We shard your data over many servers and this can create some imbalance in how data is distributed. This means that you'll get some evictions before 100%. Essentially, as you approach 100%, the probability of an eviction increases until it is guaranteed.
We evict items in an LRU fashion, but it is not a strict, single LRU.
Memcached (and MemCachier) divides memory up into buckets, where each bucket manages key-value pairs of similar sizes. I.e., all key-value pairs of size 129 - 256 bytes will be in bucket B1, while key-value pairs of size 257 - 512 bytes will be in different bucket B2.
For various performance reasons, memcached has a separate LRU per bucket. This allows it to guarantee O(1) operations for everything. This means though that when an item is evicted, the LRU used depends on the size of the new item being stored. If the item being store is 183 bytes, then the LRU and only the LRU for bucket B1 is used. This then isn't strict LRU but a sharded form.
What can sometimes happen though is a data imbalance. Say you start with a new cache and store only items of N bytes up until your limit. They'll all end up in one bucket Bx. This means bucket Bx will have taken all the memory your cache has. If you try to store another item that is say 2N+1 bytes in size, it'll end up in a different bucket By However, you are out of memory and something needs to be evicted. Bucket By though has no items yet, so we can't evict anything! In Memcached this situation leads to an error, in MemCachier we allow it to succeed and you'll go slightly above your memory limit. However, any future stores to bucket By will immediately evict the previously stored item. Essentially, bucket By has room for 1 key only.
The only way to fix this right now sadly is to flush your cache. Once memory has been assigned to a particular bucket, it can never be used by a different bucket. Generally the issue doesn't occur as customers store data across all buckets, the above example is an extreme of what can occur as an imbalance.
If you use MemCachier for say two or more very distinctive use cases (i.e., a session store and a HTML fragment cache), we generally recommend you use two separate caches as it helps avoid the above issue occurring.
Sadly we can't. We make sure that we are in the same Amazon data centre as your Heroku dynos. So right now for Heroku that is either EU or US-East.
However, Amazon data centres also have availability zones (AZ), which are marketed as physically isolated sub-data-centres providing fault tolerance (separate power, networks... etc). Going from one AZ to another is more expensive than going between two machines in the same AZ. Latency in same AZ is pretty stable and around 0.3ms. Latency across AZ is higher, around 0.5 - 1.5ms and much more variability (outliers can be 100's of ms).
Heroku spins up your dynos in multiple AZ and chooses them randomly. So there is no way for us to be in the same AZ as all your dynos.
This is generally fine as cross AZ is fast enough but the outliers in the network latency do cause some problems as its often the case that when a customers sees time outs on rare occasions in their logs they are caused by this fundamental issue and not something we can address.
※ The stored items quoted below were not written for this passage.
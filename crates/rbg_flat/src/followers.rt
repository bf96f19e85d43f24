//! What comes next at each place in the rules, copied from the steps of the rules once.
ghost use Rattle.std.specs.Prelude.{◌≡◌, ◌≤◌, ℕ, ◌+◌, ◌^◌, length, slice_get, Some, IfOk};
ghost use Rattle.rbg_rules.specs.Meaning.{beginning, after, inside, positions_of, IsStart, AbstractGame};
ghost use Rattle.rbg_auto.specs.Steps.{level_of};
ghost use Rattle.rbg_shifts.specs.Origin.{start_of};
ghost use Rattle.rbg_flat.specs.Followers.{AreFollowers, AreStepsOf};

use rbg_auto::{Expr, Steps};
use rbg_base::{Memory, Position};
use rbg_rules::Game;
use rbg_shifts::Origin;
use std::alloc::Global;

/// What comes next at a place in the rules.
#[derive(Drop)]
pub struct Followers {
    pub(crate) positions: Vec<Position>,
    /// Whether a word may end there.
    pub(crate) ends: bool,
}

/// What comes next at each place in the rules of a game.
#[derive(Drop)]
pub struct StepTable {
    pub(crate) rules: Followers,
    /// At the beginning of what is inside each position, from 0 on.
    pub(crate) insides: Vec<Followers>,
    /// After each position, from 0 on.
    pub(crate) afters: Vec<Followers>,
}

impl StepTable {
    /// What comes next at each place in the rules of a game, by their steps.
    pub(crate) fn new<S: Steps>(alloc: Global, game: &Game, steps: &S) -> Result<StepTable, Memory>
        requires { S.of_rules steps.now game.now.rules }
        ensures { IfOk result (AreStepsOf game.now) }
    {
        let count = game.positions() + 1;
        Ok(StepTable {
            rules: followers_at(alloc, game, steps, Origin::Begin(Expr::Rules))?,
            insides: all_inside(alloc, game, steps, count)?,
            afters: all_after(alloc, game, steps, count)?,
        })
    }

    /// What comes next at a place in the rules.
    #[inline(always)]
    pub(crate) fn at(&self, game: &Game, origin: Origin) -> &Followers
        requires steps { AreStepsOf game.now self.now }
        requires stands { IsStart game.now.rules (start_of origin) }
        ensures { AreFollowers game.now (start_of origin) result.now }
    {
        // The game is lawful.
        game.is_accepted();
        match origin {
            Origin::After(position) => &self.afters[position as usize],
            Origin::Begin(expr) => self.begin(game, expr),
        }
    }

    /// What comes next at the beginning of an expression.
    #[inline(always)]
    fn begin(&self, game: &Game, expr: Expr) -> &Followers
        requires steps { AreStepsOf game.now self.now }
        requires stands { IsStart game.now.rules (beginning (level_of expr)) }
        ensures { AreFollowers game.now (beginning (level_of expr)) result.now }
    {
        // The game is lawful.
        game.is_accepted();
        match expr {
            Expr::Rules => &self.rules,
            Expr::Inside(position) => &self.insides[position as usize],
        }
    }
}

/// What comes next at the beginning of what is inside each of so many positions, from 0 on.
fn all_inside<S: Steps>(
    alloc: Global,
    game: &Game,
    steps: &S,
    count: usize,
) -> Result<Vec<Followers>, Memory>
    requires steps { S.of_rules steps.now game.now.rules }
    requires small { count ≤ 2 ^ 32 }
    ensures all { IfOk result (λ made. length made.items ≡ count) }
    ensures told { IfOk result (λ made. (p : ℕ) (told : Followers)
        → slice_get made.items p ≡ Some told
        → AreFollowers game.now (beginning (inside p)) told) }
{
    let mut made = Vec::with_capacity(alloc, count)?;
    for index in 0..count {
        let origin = Origin::Begin(Expr::Inside(index as Position));
        made.push(followers_at(alloc, game, steps, origin)?)?;
    }
    Ok(made)
}

/// What comes next after each of so many positions, from 0 on.
fn all_after<S: Steps>(
    alloc: Global,
    game: &Game,
    steps: &S,
    count: usize,
) -> Result<Vec<Followers>, Memory>
    requires steps { S.of_rules steps.now game.now.rules }
    requires small { count ≤ 2 ^ 32 }
    ensures all { IfOk result (λ made. length made.items ≡ count) }
    ensures told { IfOk result (λ made. (p : ℕ) (told : Followers)
        → slice_get made.items p ≡ Some told → AreFollowers game.now (after p) told) }
{
    let mut made = Vec::with_capacity(alloc, count)?;
    for index in 0..count {
        let origin = Origin::After(index as Position);
        made.push(followers_at(alloc, game, steps, origin)?)?;
    }
    Ok(made)
}

/// What comes next at a place in the rules, by their steps.
fn followers_at<S: Steps>(
    alloc: Global,
    game: &Game,
    steps: &S,
    origin: Origin,
) -> Result<Followers, Memory>
    requires { S.of_rules steps.now game.now.rules }
    ensures { IfOk result (AreFollowers game.now (start_of origin)) }
{
    match origin {
        Origin::Begin(expr) => copied(alloc, steps.first(expr), steps.may_be_empty(expr)),
        Origin::After(position) => copied(alloc, steps.next(position), steps.may_end(position)),
    }
}

/// A copy of these positions, and whether a word may end there.
fn copied(alloc: Global, next: &[Position], ends: bool) -> Result<Followers, Memory>
    ensures { IfOk result (λ made. (made.positions.items ≡ next.now) × (made.ends ≡ ends)) }
{
    let mut positions = Vec::with_capacity(alloc, next.len())?;
    positions.extend_from_slice(next)?;
    Ok(Followers { positions, ends })
}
These occurrences are rare though so overall cause no issue, just annoying log messages.
I noticed that one particular Dyno couldn't connect to MemCachier. What is best practices for handling this?
Sadly this seems to be an issue in the underlying Heroku and Amazon network. Occasionally customers report to us just one certain dyno not being able to connect.
In general we recommend restarting that particular dyno, although usually this is done by hand. Since doing this automatically (naively) would cause your app to not function if MemCachier went down.
Our is that your app ideally should function as well as possible with MemCachier being 'down'. This applies for all services you are using. Now, that said it makes sense to have an automated way to detect when any service is down. It then makes sense to try just restarting the dyno a few times automatically, but only a few times, not infinitely.
This is similar to how upstart or systemd works if you are familiar with running services using these Linux frameworks. They have an ability to restart a service if they detect it has crashed but will only do so up to some limit (i.e., 5 times) before killing the process completely.
So in summary, our best practice suggestion is:
- Design your app to function as well as possible with any service being down.
- Have an automated way to detect a service being 'down' to any particular dyno.
- Have an automated way to restart that dyno but with a limit on how many times in a short space of time this can occur.
- When the limit is hit, the dyno should be started again so it can run as well as possible without access to the service.
- In this final case, a notification should be sent to a team member to be resolved by a human.
Now having all of this would be awesome and make your app quite fault tolerant and one of the best designed on Heroku! It's also a reasonable amount of work, so the easiest solution may just be an automated notification system that brings a human in when needed to either restart one particular dyno or take other actions.
The best way is to generally look at your analytics dashboard and compare your 'Hit Rate' to your 'Usage'.
Basically, if your hit rate is low but your usage is high, then this is often indicative that you could get better performance from a larger cache.
Secondly, we designed MemCachier to be easy to test different plans with. Moving between any of the paid plans doesn't lose any of your data. And you are only charged by the hour, so you can easily try out a much larger plan and test if it improves performance. If it doesn't, simply downgrade back to your old plan!